También es un hecho que Hugo Gutiérrez Maldonado vino a ocupar la dependencia estatal que, acaso, es la que más estaría en el ojo de la ciudadanía y que cualquier error, como el impedir la entrada a algunos reporteros a sus conferencias, sería usado en su contra.

Más allá de la innegable inseguridad que asola distintas regiones de la entidad, incidencias de esta naturaleza reclaman del titular de la SSP mayores resultados y dejan en claro que tiene una enorme tarea por delante, que se acrecienta en la medida que la llegada de un gobierno distinto al PAN y al PRI representó para una inmensa mayoría de la población la posibilidad de que hubiese un cambio sustantivo en el estado de las cosas.

De ahí que la obligación de Gutiérrez Maldonado resulta mayúscula. De su actuación depende en gran medida la imagen del gobierno estatal e inclusive, es más importante que la de la operación política.

Por el lado del fiscal, Jorge Winckler Ortiz, y de acuerdo con sus acciones desnudadas una y otra vez por distintas autoridades estatales y federales del sector así como de grupos sociales dañados por la delincuencia, es evidente que su indeseada incrustación en el gabinete morenista se ha convertido en un obstáculo para una armoniosa actividad conjunta entre las dependencias del sector seguridad.
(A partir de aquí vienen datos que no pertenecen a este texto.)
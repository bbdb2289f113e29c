//! The best plan of an instance, and an optimiser that counts how often it was asked.
ghost use Rattle.std.specs.Prelude.{◌≡◌, ◌+◌, ◌<◌, IfOk};
ghost use Rattle.plan_trees.specs.Statistics.{IsSoundStats, IsSoundVector};
ghost use Rattle.plan_costs.specs.BestPlans.{IsBest};

use crate::last_places::cell_at;
use crate::potentials::potentials_of;
use crate::search::cheapest_plans;
use crate::tops::best_top;
use plan_costs::{Best, Planner, Potentials, all_cards, least_accesses};
use plan_trees::{Stats, all_places};
use row_values::{OutOfMemory, Query};
use std::alloc::Global;
use std::marker::Model;
use std::rc::Rc;

/// The best plan of the statement at the vector.
fn best_plan(alloc: Global, q: &Query, stats: &Stats, s: &[u64]) -> Result<Best, OutOfMemory>
    requires sound { IsSoundStats q.now stats.now }
    requires vector { IsSoundVector q.now stats.now s.now }
    ensures { IfOk result (λ best. IsBest q.now stats.now s.now best) }
{
    // That every statement is sound, its readers pass on: so it is read here first.
    let all = all_places(q.places().len());
    let cards = all_cards(alloc, q, stats, s)?;
    let loops = least_accesses(alloc, q, stats, s)?;
    let cells = cheapest_plans(alloc, q, stats, s, &cards, &loops)?;
    let finished = best_top(q, stats, s, cell_at(&cells, all))?;
    let list = potentials_of(alloc, &cells[1..])?;
    Ok(Best {
        plan: Rc::new(alloc, finished.top)?,
        cost: finished.cost,
        potentials: Potentials::of(list, finished.cost),
    })
}

/// The best plan of the statement at the vector. The number of calls grows by one in any case.
pub fn optimise(
    alloc: Global,
    q: &Query,
    stats: &Stats,
    s: &[u64],
    calls: &mut u64,
) -> Result<Best, OutOfMemory>
    requires sound { IsSoundStats q.now stats.now }
    requires vector { IsSoundVector q.now stats.now s.now }
    requires room { calls.old < u64.MAX }
    ensures asked { calls.new ≡ calls.old + 1 }
    ensures best { IfOk result (λ best. IsBest q.now stats.now s.now best) }
{
    *calls += 1;
    best_plan(alloc, q, stats, s)
}

/// What counts the calls of `optimise`. Contracts see the number.
#[derive(Debug, Drop)]
pub struct Optimizer {
    calls: u64,
}

impl Model for Optimizer {
    ghost use Rattle.std.specs.Prelude.{ℕ};

    ghost Value = { ℕ };

    ghost view = { λ o. o.calls };
}

impl Optimizer {
    /// It was never asked.
    pub fn new() -> Optimizer
        ensures { result ≡ 0 }
    {
        Optimizer { calls: 0 }
    }
}

impl Planner for Optimizer {
    ghost asked = { λ o. o };

    fn optimise(
        &mut self,
        alloc: Global,
        q: &Query,
        stats: &Stats,
        s: &[u64],
    ) -> Result<Best, OutOfMemory> {
        optimise(alloc, q, stats, s, &mut self.calls)
    }

    fn calls(&self) -> u64 {
        self.calls
    }
}
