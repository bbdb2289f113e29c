//! The finished plan of least cost, over the cheapest plans of all places.
ghost use Rattle.std.specs.Prelude.{◌≡◌, ◌+◌, ◌<◌, ◌^◌, IfOk, IfSome, IsSome, Some, false, true};
ghost use Rattle.row_values.specs.Statements.{IsSoundQuery};
ghost use Rattle.plan_trees.specs.PlanSpace.{is_grouped, wants_order};
ghost use Rattle.plan_trees.specs.Statistics.{IsSoundStats, IsSoundVector};
ghost use Rattle.cost_model.specs.LeastCost.{whole_set};
ghost use Rattle.join_optimizer.specs.Found.{AreFound, found_in, plan_in, seen};
ghost use Rattle.join_optimizer.specs.Tops.{IsCheapestTop, as_rows, cheaper_top, in_hash_groups, in_sorted_groups, seen_top};

use crate::found::{Cheapest, Found};
use plan_costs::card;
use plan_trees::{Stats, Top, all_places, groups_rows, wants_some_order};
use row_values::{OutOfMemory, Query};

/// A finished plan with its cost.
#[derive(Debug, Drop)]
pub(crate) struct Finished {
    pub top: Top,
    pub cost: u128,
}

/// The rows of the plan as they come.
fn rows_over(found: &Option<Found>) -> Result<Finished, OutOfMemory>
    requires { IsSome found.now }
    ensures { IfOk result (λ finished. Some (seen_top finished) ≡ as_rows (seen found.now)) }
{
    match found {
        Some(below) => Ok(Finished {
            top: Top::Rows(below.plan.clone()?),
            cost: below.cost,
        }),
        None => unreachable!(),
    }
}

/// The rows of the plan, grouped by a hash table that costs so much.
fn hash_groups_over(found: &Option<Found>, cost: u128) -> Result<Finished, OutOfMemory>
    requires some { IsSome found.now }
    requires fits { IfSome found.now (λ below. below.cost + cost < 2 ^ 128) }
    ensures { IfOk result (λ finished. Some (seen_top finished) ≡ in_hash_groups cost (seen found.now)) }
{
    match found {
        Some(below) => Ok(Finished {
            top: Top::HashGroups(below.plan.clone()?),
            cost: below.cost + cost,
        }),
        None => unreachable!(),
    }
}

/// The cheaper of the finished plan and the rows of the plan in order, grouped as they come at this cost.
fn or_sorted_groups(
    first: Finished,
    found: &Option<Found>,
    cost: u128,
) -> Result<Finished, OutOfMemory>
    requires { IfSome found.now (λ below. below.cost + cost < 2 ^ 128) }
    ensures { IfOk result (λ finished. Some (seen_top finished)
        ≡ cheaper_top (Some (seen_top first)) (in_sorted_groups cost (seen found.now))) }
{
    let Some(below) = found else {
        return Ok(first);
    };
    let total = below.cost + cost;
    if total >= first.cost {
        return Ok(first);
    }
    let top = Top::SortedGroups(below.plan.clone()?);
    Ok(Finished { top, cost: total })
}

/// The best finished plan where rows aren't grouped.
fn best_rows(q: &Query, whole: &Cheapest) -> Result<Finished, OutOfMemory>
    requires { IsSome (found_in (wants_order q.now) whole.now) }
    ensures { IfOk result (λ finished. Some (seen_top finished)
        ≡ as_rows (plan_in whole.now (wants_order q.now))) }
{
    if wants_some_order(q) {
        let finished = rows_over(&whole.sorted)?;
        return Ok(finished);
    }
    let finished = rows_over(&whole.any)?;
    Ok(finished)
}

/// The best finished plan where rows are grouped, by a hash table or as they come.
fn best_groups(
    q: &Query,
    stats: &Stats,
    s: &[u64],
    whole: &Cheapest,
) -> Result<Finished, OutOfMemory>
    requires query { IsSoundQuery q.now }
    requires sound { IsSoundStats q.now stats.now }
    requires vector { IsSoundVector q.now stats.now s.now }
    requires grouped { is_grouped q.now ≡ true }
    requires whole { AreFound q.now stats.now s.now (whole_set q.now) (plan_in whole.now) }
    requires some { IsSome whole.now.any }
    ensures { IfOk result (λ finished. IsCheapestTop q.now stats.now s.now whole.now (seen_top finished)) }
{
    let rows = card(q, stats, all_places(q.places().len()), s);
    let by_hash = u128::from(stats.weights().hash) * rows;
    let by_order = u128::from(stats.weights().row) * rows;
    let hashed = hash_groups_over(&whole.any, by_hash)?;
    let finished = or_sorted_groups(hashed, &whole.sorted, by_order)?;
    Ok(finished)
}

/// The best finished plan over the cheapest plans of all places.
pub(crate) fn best_top(
    q: &Query,
    stats: &Stats,
    s: &[u64],
    whole: &Cheapest,
) -> Result<Finished, OutOfMemory>
    requires query { IsSoundQuery q.now }
    requires sound { IsSoundStats q.now stats.now }
    requires vector { IsSoundVector q.now stats.now s.now }
    requires whole { AreFound q.now stats.now s.now (whole_set q.now) (plan_in whole.now) }
    requires some { IsSome whole.now.any }
    requires in_order { is_grouped q.now ≡ false → IsSome (found_in (wants_order q.now) whole.now) }
    ensures { IfOk result (λ finished. IsCheapestTop q.now stats.now s.now whole.now (seen_top finished)) }
{
    if groups_rows(q) {
        let finished = best_groups(q, stats, s, whole)?;
        return Ok(finished);
    }
    let finished = best_rows(q, whole)?;
    Ok(finished)
}
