//! Plans of a set by a hash join of plans of two parts.
ghost use Rattle.std.specs.Prelude.{◌≡◌, ◌<◌, ◌≤◌, ◌+◌, ◌^◌, IfOk, length};
ghost use Rattle.row_values.specs.Statements.{IsSoundQuery};
ghost use Rattle.plan_trees.specs.Statistics.{IsSoundStats, IsSoundVector};
ghost use Rattle.plan_costs.specs.Cards.{AreCards};
ghost use Rattle.join_optimizer.specs.Found.{AreFound, plan_in, table_of};
ghost use Rattle.cost_model.specs.LeastCost.{TakesSplit};
ghost use Rattle.join_optimizer.specs.Search.{AreCheapest, Offered, TakesBetween};

use crate::found::{Cheapest, take_hash_join};
use crate::last_places::cell_at;
use plan_costs::join_cost_with;
use plan_trees::{Stats, hash_join_edge};
use row_values::{OutOfMemory, Query};
use std::alloc::Global;

/// Takes the hash join with this inner side, where an edge joins it to the rest of the set and it is the cheapest.
fn by_split(
    alloc: Global,
    q: &Query,
    stats: &Stats,
    s: &[u64],
    cards: &[u128],
    cells: &[Cheapest],
    set: u8,
    right: u8,
    best: Cheapest,
) -> Result<Cheapest, OutOfMemory>
    requires query { IsSoundQuery q.now }
    requires sound { IsSoundStats q.now stats.now }
    requires vector { IsSoundVector q.now stats.now s.now }
    requires cards { AreCards q.now stats.now s.now cards.now }
    requires there { set < 2 ^ length q.now.places }
    requires some { 1 ≤ right }
    requires part { right < set }
    requires cells { AreCheapest q.now stats.now s.now cells.now set }
    requires best { AreFound q.now stats.now s.now set (plan_in best) }
    ensures { IfOk result (λ after. Offered q.now stats.now s.now set
        (TakesSplit q.now stats.now s.now (table_of cells.now) set right) best after) }
{
    let left = set - right;
    let Some(edge) = hash_join_edge(q, left, right) else {
        return Ok(best);
    };
    let cost = join_cost_with(q, stats, cards, left, right, s);
    let outer = cell_at(cells, left);
    let inner = cell_at(cells, right);
    let any = take_hash_join(alloc, &outer.any, &inner.any, edge, cost, best.any)?;
    let sorted = take_hash_join(alloc, &outer.sorted, &inner.any, edge, cost, best.sorted)?;
    Ok(Cheapest { any, sorted })
}

/// The cheapest of the hash joins.
pub(crate) fn by_splits(
    alloc: Global,
    q: &Query,
    stats: &Stats,
    s: &[u64],
    cards: &[u128],
    cells: &[Cheapest],
    set: u8,
    first: Cheapest,
) -> Result<Cheapest, OutOfMemory>
    requires query { IsSoundQuery q.now }
    requires sound { IsSoundStats q.now stats.now }
    requires vector { IsSoundVector q.now stats.now s.now }
    requires cards { AreCards q.now stats.now s.now cards.now }
    requires there { set < 2 ^ length q.now.places }
    requires some { 0 < set }
    requires cells { AreCheapest q.now stats.now s.now cells.now set }
    requires first { AreFound q.now stats.now s.now set (plan_in first) }
    ensures { IfOk result (λ best. Offered q.now stats.now s.now set
        (TakesBetween (TakesSplit q.now stats.now s.now (table_of cells.now) set) 1 set) first best) }
{
    let mut best = first;
    for right in 1..set {
        best = by_split(alloc, q, stats, s, cards, cells, set, right, best)?;
    }
    Ok(best)
}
Para nadie es un secreto que aprovechando la inercia legislativa y legal que empujó la pasada gestión panista-perredista, el abogado para asuntos particulares de la familia del ex gobernador Miguel Ángel Yunes Linares no actúa dentro de la responsabilidad que le fue conferida; al contrario, y de ser cierto, tan sólo una mínima parte de todos los señalamientos que se le han hecho por proteger delincuentes, congelar expedientes para generar conflictos de seguridad y cuidar los intereses políticos del panismo, su actuación debiera ser sujeta a una profunda revisión que le fincaría responsabilidades penales.

Si Gutiérrez Maldonado es incapaz o Winckler Ortiz responde a intereses políticos de grupos desplazados por la iniciativa popular, son asuntos que en efecto, están incidiendo en la inseguridad que vive la ciudadanía. Urge pues una solución que responda a las preocupaciones de la sociedad y no sólo a dos visiones políticas de la realidad.